### HOW TO COMPLETE THIS TASK
In the data below, work out how many lines include the string "whatever". Only the number should be given.

• • • • •

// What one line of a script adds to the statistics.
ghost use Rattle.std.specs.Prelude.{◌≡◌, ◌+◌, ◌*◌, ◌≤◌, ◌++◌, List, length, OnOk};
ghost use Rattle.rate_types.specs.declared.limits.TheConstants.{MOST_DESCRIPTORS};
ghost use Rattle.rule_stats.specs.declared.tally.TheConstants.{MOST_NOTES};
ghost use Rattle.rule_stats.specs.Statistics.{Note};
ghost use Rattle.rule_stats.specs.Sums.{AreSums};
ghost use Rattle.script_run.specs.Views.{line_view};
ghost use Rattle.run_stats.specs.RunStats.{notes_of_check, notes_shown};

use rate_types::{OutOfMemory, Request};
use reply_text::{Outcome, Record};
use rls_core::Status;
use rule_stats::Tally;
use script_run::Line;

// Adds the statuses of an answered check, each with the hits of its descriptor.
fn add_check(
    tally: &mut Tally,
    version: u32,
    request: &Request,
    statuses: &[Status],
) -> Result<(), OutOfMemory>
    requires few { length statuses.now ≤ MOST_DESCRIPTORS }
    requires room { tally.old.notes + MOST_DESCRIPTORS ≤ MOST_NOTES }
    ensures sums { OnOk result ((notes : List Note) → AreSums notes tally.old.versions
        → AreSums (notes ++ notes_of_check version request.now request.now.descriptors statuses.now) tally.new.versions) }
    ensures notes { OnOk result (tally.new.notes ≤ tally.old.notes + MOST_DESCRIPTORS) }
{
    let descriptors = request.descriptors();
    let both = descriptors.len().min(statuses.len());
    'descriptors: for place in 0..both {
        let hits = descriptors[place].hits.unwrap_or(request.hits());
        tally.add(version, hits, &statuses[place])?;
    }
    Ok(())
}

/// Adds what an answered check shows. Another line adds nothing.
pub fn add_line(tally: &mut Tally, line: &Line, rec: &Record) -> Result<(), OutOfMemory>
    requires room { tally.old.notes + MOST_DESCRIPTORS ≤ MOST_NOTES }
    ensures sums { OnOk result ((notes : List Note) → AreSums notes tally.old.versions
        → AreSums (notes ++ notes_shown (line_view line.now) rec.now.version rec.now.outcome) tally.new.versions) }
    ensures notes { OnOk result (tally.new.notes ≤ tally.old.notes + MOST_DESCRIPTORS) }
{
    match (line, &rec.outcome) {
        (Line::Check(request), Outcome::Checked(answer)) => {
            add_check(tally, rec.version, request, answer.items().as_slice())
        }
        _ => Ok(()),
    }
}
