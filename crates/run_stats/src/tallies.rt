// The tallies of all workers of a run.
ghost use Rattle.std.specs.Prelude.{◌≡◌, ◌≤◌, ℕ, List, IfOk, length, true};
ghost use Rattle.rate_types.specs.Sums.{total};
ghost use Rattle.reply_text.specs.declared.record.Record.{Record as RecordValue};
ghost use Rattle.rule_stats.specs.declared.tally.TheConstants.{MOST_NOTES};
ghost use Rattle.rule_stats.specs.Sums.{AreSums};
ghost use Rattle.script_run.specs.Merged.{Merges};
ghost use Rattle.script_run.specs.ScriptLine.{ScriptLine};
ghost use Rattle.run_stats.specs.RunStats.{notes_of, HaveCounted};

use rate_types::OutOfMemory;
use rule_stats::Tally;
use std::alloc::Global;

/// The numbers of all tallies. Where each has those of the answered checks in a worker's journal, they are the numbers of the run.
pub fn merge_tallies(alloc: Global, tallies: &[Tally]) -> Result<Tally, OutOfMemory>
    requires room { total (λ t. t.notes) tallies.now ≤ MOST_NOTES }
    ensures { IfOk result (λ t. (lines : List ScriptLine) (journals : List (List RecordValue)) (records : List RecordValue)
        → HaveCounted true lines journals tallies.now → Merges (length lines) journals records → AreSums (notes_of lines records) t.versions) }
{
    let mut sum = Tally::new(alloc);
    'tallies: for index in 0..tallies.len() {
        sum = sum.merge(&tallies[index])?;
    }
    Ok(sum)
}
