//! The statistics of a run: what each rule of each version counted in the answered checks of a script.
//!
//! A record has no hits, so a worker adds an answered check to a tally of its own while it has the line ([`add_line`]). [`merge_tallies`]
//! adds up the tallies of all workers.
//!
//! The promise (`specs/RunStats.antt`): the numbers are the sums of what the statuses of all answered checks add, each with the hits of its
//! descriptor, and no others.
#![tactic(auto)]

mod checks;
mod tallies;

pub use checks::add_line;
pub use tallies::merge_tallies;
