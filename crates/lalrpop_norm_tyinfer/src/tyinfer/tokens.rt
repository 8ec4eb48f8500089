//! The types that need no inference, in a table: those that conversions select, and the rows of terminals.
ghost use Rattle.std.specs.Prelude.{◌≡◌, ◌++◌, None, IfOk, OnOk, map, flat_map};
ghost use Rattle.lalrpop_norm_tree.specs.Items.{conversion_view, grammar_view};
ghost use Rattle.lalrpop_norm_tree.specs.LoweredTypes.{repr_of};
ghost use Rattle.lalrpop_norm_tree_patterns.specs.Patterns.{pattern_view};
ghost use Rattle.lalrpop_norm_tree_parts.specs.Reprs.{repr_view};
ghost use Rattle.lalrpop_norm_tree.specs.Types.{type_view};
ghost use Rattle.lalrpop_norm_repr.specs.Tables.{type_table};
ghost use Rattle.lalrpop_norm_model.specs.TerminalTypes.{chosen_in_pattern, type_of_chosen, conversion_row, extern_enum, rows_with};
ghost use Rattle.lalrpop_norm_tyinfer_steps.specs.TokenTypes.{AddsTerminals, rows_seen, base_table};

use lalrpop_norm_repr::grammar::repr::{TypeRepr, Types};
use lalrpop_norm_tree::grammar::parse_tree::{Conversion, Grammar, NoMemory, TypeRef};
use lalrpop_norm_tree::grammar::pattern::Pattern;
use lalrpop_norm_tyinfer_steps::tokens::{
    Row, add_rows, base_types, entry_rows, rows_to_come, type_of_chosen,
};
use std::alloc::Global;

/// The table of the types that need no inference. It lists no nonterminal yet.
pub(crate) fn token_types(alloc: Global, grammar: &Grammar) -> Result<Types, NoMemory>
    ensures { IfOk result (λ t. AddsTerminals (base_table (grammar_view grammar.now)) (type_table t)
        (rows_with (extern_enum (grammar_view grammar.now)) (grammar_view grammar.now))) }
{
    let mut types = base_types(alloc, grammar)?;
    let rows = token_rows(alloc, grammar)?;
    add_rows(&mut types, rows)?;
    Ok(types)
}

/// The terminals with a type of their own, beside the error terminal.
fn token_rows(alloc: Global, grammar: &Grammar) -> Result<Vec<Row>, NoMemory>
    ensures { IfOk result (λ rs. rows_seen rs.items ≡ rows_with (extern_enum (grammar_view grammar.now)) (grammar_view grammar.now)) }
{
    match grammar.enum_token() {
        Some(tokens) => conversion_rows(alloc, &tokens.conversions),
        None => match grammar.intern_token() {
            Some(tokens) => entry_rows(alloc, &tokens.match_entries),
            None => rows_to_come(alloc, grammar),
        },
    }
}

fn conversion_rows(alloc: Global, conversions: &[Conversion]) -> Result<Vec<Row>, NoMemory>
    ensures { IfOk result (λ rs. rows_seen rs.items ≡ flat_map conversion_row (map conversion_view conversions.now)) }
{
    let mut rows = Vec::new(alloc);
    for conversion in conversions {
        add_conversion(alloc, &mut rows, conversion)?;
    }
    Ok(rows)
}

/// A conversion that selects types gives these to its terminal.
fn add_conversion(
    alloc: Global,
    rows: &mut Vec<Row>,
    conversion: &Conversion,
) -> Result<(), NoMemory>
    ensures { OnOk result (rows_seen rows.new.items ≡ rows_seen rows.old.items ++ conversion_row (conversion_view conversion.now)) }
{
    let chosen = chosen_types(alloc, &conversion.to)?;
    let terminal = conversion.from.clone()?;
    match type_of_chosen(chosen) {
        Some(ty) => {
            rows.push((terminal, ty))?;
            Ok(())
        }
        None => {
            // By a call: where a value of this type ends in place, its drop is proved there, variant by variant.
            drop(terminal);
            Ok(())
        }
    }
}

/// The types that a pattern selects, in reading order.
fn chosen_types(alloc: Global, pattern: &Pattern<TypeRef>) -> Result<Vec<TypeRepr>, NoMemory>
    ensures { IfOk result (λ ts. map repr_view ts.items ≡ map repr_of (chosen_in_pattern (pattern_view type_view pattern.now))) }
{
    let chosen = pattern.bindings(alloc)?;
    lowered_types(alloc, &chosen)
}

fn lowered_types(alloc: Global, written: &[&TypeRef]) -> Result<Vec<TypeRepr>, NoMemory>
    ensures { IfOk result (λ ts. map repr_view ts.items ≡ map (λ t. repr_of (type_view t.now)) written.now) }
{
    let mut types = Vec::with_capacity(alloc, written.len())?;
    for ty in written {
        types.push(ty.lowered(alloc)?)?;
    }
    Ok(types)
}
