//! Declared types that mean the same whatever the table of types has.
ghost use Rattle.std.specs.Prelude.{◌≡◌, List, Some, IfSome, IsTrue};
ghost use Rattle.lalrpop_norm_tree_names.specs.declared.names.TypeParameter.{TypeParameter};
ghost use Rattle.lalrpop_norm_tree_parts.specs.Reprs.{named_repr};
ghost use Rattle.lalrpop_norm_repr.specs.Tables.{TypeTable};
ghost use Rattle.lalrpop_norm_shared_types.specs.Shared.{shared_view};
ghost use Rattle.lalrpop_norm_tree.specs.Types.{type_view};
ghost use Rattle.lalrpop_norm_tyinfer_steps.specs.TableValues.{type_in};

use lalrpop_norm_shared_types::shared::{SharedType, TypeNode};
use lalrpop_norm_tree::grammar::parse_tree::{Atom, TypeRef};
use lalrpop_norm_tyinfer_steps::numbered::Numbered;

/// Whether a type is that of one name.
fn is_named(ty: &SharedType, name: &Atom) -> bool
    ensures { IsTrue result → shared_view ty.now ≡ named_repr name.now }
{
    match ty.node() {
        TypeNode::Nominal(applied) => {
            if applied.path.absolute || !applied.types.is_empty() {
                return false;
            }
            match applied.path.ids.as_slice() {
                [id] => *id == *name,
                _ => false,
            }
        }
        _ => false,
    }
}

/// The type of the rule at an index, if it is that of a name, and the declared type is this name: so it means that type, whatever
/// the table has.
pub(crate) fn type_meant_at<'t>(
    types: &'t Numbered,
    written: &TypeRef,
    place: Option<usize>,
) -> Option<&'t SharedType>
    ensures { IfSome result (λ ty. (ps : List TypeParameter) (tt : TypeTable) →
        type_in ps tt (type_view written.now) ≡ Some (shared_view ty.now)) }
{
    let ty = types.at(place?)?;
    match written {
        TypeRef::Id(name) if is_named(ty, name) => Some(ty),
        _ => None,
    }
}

• • • • •

### YOUR RESPONSE
2